_Records excerpted from a collection_
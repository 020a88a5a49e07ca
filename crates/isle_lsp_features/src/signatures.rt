//! The signature of the term that is called at a place.

ghost use Rattle.std.specs.Prelude.{IfOk, Some, map};
ghost use Rattle.serde_json.specs.View.{view};
ghost use Rattle.isle_index.specs.Held.{all_in};
ghost use Rattle.isle_lsp_features.specs.Programs.{text_of};
ghost use Rattle.isle_lsp_features.specs.Signatures.{IsDeclared, IsFirstSignature, IsSignature};
ghost use Rattle.isle_lsp_features.specs.Signatures.{IsSignatureOf};
ghost use Rattle.isle_lsp_context.specs.Calls.{call_of};
ghost use Rattle.isle_resolve.specs.Names.{named_of};

use crate::Text;
use crate::places::Place;
use isle_index::{Index, Kind, Name, Occurrence};
use isle_lsp_calls::items::{extent_of, is_variant};
use isle_lsp_context::calls::{Call, call_around};
use isle_lsp_context::signatures::declaration_help;
use isle_lsp_text::lists::lists;
use serde_json::Value;
use std::alloc::{AllocError, Global};

/// The signature of the term that is called around a place, and which of its arguments the place is
/// in, or null if there is none.
pub fn signature_help(
    alloc: Global,
    program: &[Text],
    index: &Index,
    place: Place,
) -> Result<Value, AllocError>
    ensures { IfOk result (λ value. IsSignature (map text_of program.now)
        place.entry.text.now place.entry.pos.offset (all_in index.now) (view value)) }
{
    match call_around(alloc, place.text, place.pos.offset)? {
        Some(call) => signature_of(alloc, program, index, call),
        None => Ok(Value::Null),
    }
}

/// The signature of the term that is called, which is its first definition.
fn signature_of(
    alloc: Global,
    program: &[Text],
    index: &Index,
    call: Call,
) -> Result<Value, AllocError>
    ensures { IfOk result (λ value. IsSignatureOf (map text_of program.now) (all_in index.now)
        (Some (call_of call.entry)) (view value)) }
{
    let text = String::from_str(alloc, call.head)?;
    let kind = Kind::Term;
    let name = Name::Global { kind, text };
    let found = index.definitions(alloc, &name)?;
    match found.first() {
        Some(definition) => signature_at(alloc, program, &name, *definition, call.arguments),
        None => Ok(Value::Null),
    }
}

/// The signature that a definition shows, or null if its text is not in the program.
fn signature_at(
    alloc: Global,
    program: &[Text],
    name: &Name,
    definition: Occurrence,
    argument: usize,
) -> Result<Value, AllocError>
    ensures { IfOk result (λ value. IsFirstSignature (map text_of program.now)
        (named_of name.now) (Some definition) argument (view value)) }
{
    match program.get(definition.pos.file) {
        Some(source) => declared(alloc, source.text, name, definition, argument),
        None => Ok(Value::Null),
    }
}

/// The signature that a definition in this text shows.
fn declared(
    alloc: Global,
    text: &str,
    name: &Name,
    definition: Occurrence,
    argument: usize,
) -> Result<Value, AllocError>
    ensures { IfOk result
        (λ value. IsDeclared text.now (named_of name.now) definition argument (view value)) }
{
    let lists = lists(alloc, text)?;
    let part = extent_of(text, &lists, name, definition);
    declaration_help(alloc, text, part, is_variant(name, definition), argument)
}
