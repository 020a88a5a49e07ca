//! The locations where names are implemented.

ghost use Rattle.std.specs.Prelude.{◌≡◌, ◌++◌, IfOk, OnOk, List, filter, map};
ghost use Rattle.serde_json.specs.Data.{Data};
ghost use Rattle.isle_index.specs.Held.{all_in};
ghost use Rattle.isle_index.specs.Occurrences.{name_at};
ghost use Rattle.isle_lsp_features.specs.Answers.{list_data};
ghost use Rattle.isle_lsp_features.specs.Implemented as wanted;
ghost use Rattle.isle_lsp_features.specs.Implemented.{AreImplementations, AreImplementationsFrom};
ghost use Rattle.isle_lsp_features.specs.Implemented.{AreImplementationsIn};
ghost use Rattle.isle_lsp_features.specs.Programs.{text_of};
ghost use Rattle.isle_lsp_protocol.specs.Items.{item_data};

use crate::Text;
use crate::locations::add_locations;
use crate::places::Place;
use isle_index::{Index, Occurrence};
use isle_lsp_calls::items::is_term;
use isle_lsp_calls::ranges::has_some;
use isle_lsp_protocol::items::Item;
use isle_lsp_text::implementations::implemented;
use std::alloc::{AllocError, Global};

/// The rules, the extractor and the `extern` definitions of the term at a place, each by the name
/// in it; `None` if there is no name. Other names have no implementations.
pub fn implementations<'a>(
    alloc: Global,
    program: &[Text<'a>],
    index: &Index,
    place: Place,
) -> Result<Option<Vec<Item<'a>>>, AllocError>
    ensures { let all = all_in index.now in IfOk result (λ items. AreImplementations
        (map text_of program.now) (name_at place.entry.pos all) all (list_data items)) }
{
    match index.name_at(alloc, place.pos)? {
        Some(name) if is_term(&name) => {
            let found = index.occurrences(alloc, &name)?;
            Ok(Some(implementations_in(alloc, program, &found)?))
        }
        Some(_) => Ok(Some(Vec::new(alloc))),
        None => Ok(None),
    }
}

/// The locations of those occurrences at which the texts implement a name, text by text.
fn implementations_in<'a>(
    alloc: Global,
    program: &[Text<'a>],
    found: &[Occurrence],
) -> Result<Vec<Item<'a>>, AllocError>
    ensures { IfOk result (λ items. AreImplementationsFrom 0 (map text_of program.now)
        found.now (map item_data items.items)) }
{
    let mut items = Vec::new(alloc);
    for (number, source) in program.iter().enumerate() {
        add_implementations(alloc, number, *source, found, &mut items)?;
    }
    Ok(items)
}

/// Adds the locations of the occurrences at which the text with this number implements a name. A
/// text without an occurrence is not read.
fn add_implementations<'a>(
    alloc: Global,
    number: usize,
    source: Text<'a>,
    found: &[Occurrence],
    items: &mut Vec<Item<'a>>,
) -> Result<(), AllocError>
    ensures { OnOk result ((here : List Data)
        × AreImplementationsIn number (text_of source.entry) found.now here
        × (map item_data items.new.items ≡ map item_data items.old.items ++ here)) }
{
    if has_some(number, found) {
        let marks = implemented(alloc, source.text)?;
        let marked = implementations_of(alloc, number, &marks, found)?;
        add_locations(number, source, true, &marked, items)?;
    }
    Ok(())
}

/// The occurrences in the text with this number that are at its marks.
fn implementations_of(
    alloc: Global,
    number: usize,
    marks: &[usize],
    found: &[Occurrence],
) -> Result<Vec<Occurrence>, AllocError>
    ensures { IfOk result (λ marked. marked.items
        ≡ filter (wanted.is_implementation number marks.now) found.now) }
{
    let mut marked = Vec::new(alloc);
    for occurrence in found {
        if occurrence.pos.file == number && marks.contains(&occurrence.pos.offset) {
            marked.push(*occurrence)?;
        }
    }
    Ok(marked)
}
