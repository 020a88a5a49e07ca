//! What is left to read of a text behind a definition that is broken.

ghost use Rattle.std.specs.Prelude.{◌≡◌, ◌+◌, ◌<◌, ◌^◌, IfOk, IfSome, drop, option_map};
ghost use Rattle.std.specs.Prelude.{string_bytes};
ghost use Rattle.std.specs.Str.{IsCharBoundary};
ghost use Rattle.isle_base.specs.Token.{rparen};
ghost use Rattle.isle_base.specs.TokenView.{token_of_ref};
ghost use Rattle.isle_lsp_features.specs.Rests as wanted;
ghost use Rattle.isle_lsp_features.specs.Rests.{IsBehind, IsRest, all_left, behind, lists_after};

use isle_base::lexer::Fault;
use isle_base::scanner::{Scanner, TokenRef};
use std::alloc::{AllocError, Global};

/// Which lists have yet to end at a token of a text.
#[derive(Clone, Copy)]
pub struct Lists {
    /// How many that are in no other list have yet to end.
    pub left: usize,
    /// How many are open.
    pub depth: usize,
}

/// What is left of a text behind the beginning of the definition that follows so many others: the
/// text from the next line on that begins with `(`, with blanks in place of what is before it.
/// `None` if there is no such line.
pub fn rest_behind(alloc: Global, text: &str, count: usize) -> Result<Option<String>, AllocError>
    ensures { IfOk result (λ rest. IsRest text.now count (option_map string_bytes rest)) }
{
    let start = behind_lists(alloc, text, count)?.unwrap_or(0);
    match line_behind(text, start) {
        Some(line) => Ok(Some(blanked(alloc, text, line)?)),
        None => Ok(None),
    }
}

/// The byte offset of the first token behind so many lists, or `None` if there is none.
///
/// Only tokens before the first lexical error count.
fn behind_lists(alloc: Global, text: &str, count: usize) -> Result<Option<usize>, AllocError>
    ensures { IfOk result (IsBehind text.now count) }
{
    match Scanner::new(alloc, 0, text) {
        Ok(scanner) => Ok(behind_ahead(scanner, count)),
        Err(Fault::Error(_)) => Ok(None),
        Err(Fault::Failed | Fault::Memory) => Err(AllocError),
    }
}

/// The same among the tokens that a scanner has not read yet.
fn behind_ahead(mut scanner: Scanner, count: usize) -> Option<usize>
    ensures { result ≡ behind (all_left count) scanner.entry.coming }
{
    let mut lists = Lists {
        left: count,
        depth: 0,
    };
    while let Some(ahead) = scanner.peek() {
        let (pos, token) = *ahead;
        if lists.left == 0 {
            return Some(pos.offset);
        }
        lists = lists.after(token);
        if scanner.step().is_none() {
            return None;
        }
    }
    None
}

impl Lists {
    /// Which lists have yet to end after a token.
    fn after(self, token: TokenRef) -> Lists
        requires { self.depth + 1 < 2 ^ 64 }
        ensures { result ≡ lists_after self (token_of_ref token.entry) }
    {
        match token {
            TokenRef::LParen => Lists {
                left: self.left,
                depth: self.depth + 1,
            },
            TokenRef::RParen => self.after_end(),
            TokenRef::Symbol(_) | TokenRef::Int(_) | TokenRef::At => self,
        }
    }

    /// The same after a `)`.
    fn after_end(self) -> Lists
        ensures { result ≡ lists_after self rparen }
    {
        if self.depth > 1 {
            Lists {
                left: self.left,
                depth: self.depth - 1,
            }
        } else {
            Lists {
                left: self.left.saturating_sub(1),
                depth: 0,
            }
        }
    }
}

/// The byte offset of the first `(` at or behind an offset that begins a line.
fn line_behind(text: &str, from: usize) -> Option<usize>
    ensures value { result ≡ wanted.line_from from (drop from text.now) }
    ensures boundary { IfSome result (IsCharBoundary text.now) }
{
    let bytes = text.as_bytes();
    for at in from..bytes.len() {
        if bytes[at] == b'\n' && begins_list(bytes, at + 1) {
            return Some(at + 1);
        }
    }
    None
}

/// Returns whether a `(` is at an offset.
fn begins_list(bytes: &[u8], at: usize) -> bool
    ensures { result ≡ wanted.begins_list (drop at bytes.now) }
{
    at < bytes.len() && bytes[at] == b'('
}

/// A text with blanks in place of what is before an offset.
fn blanked(alloc: Global, text: &str, start: usize) -> Result<String, AllocError>
    requires { IsCharBoundary text.now start }
    ensures { IfOk result (λ made. string_bytes made ≡ wanted.blanked start text.now) }
{
    let mut made = " ".repeat(alloc, start)?;
    made.push_str(&text[start..])?;
    Ok(made)
}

_TASK OBJECTIVE_
Look for the string "blanks" in the entries above. Copy every line that has it.

_ANSWER TO THIS TASK_
/// text from the next line on that begins with `(`, with blanks in place of what is before it.
/// A text with blanks in place of what is before an offset.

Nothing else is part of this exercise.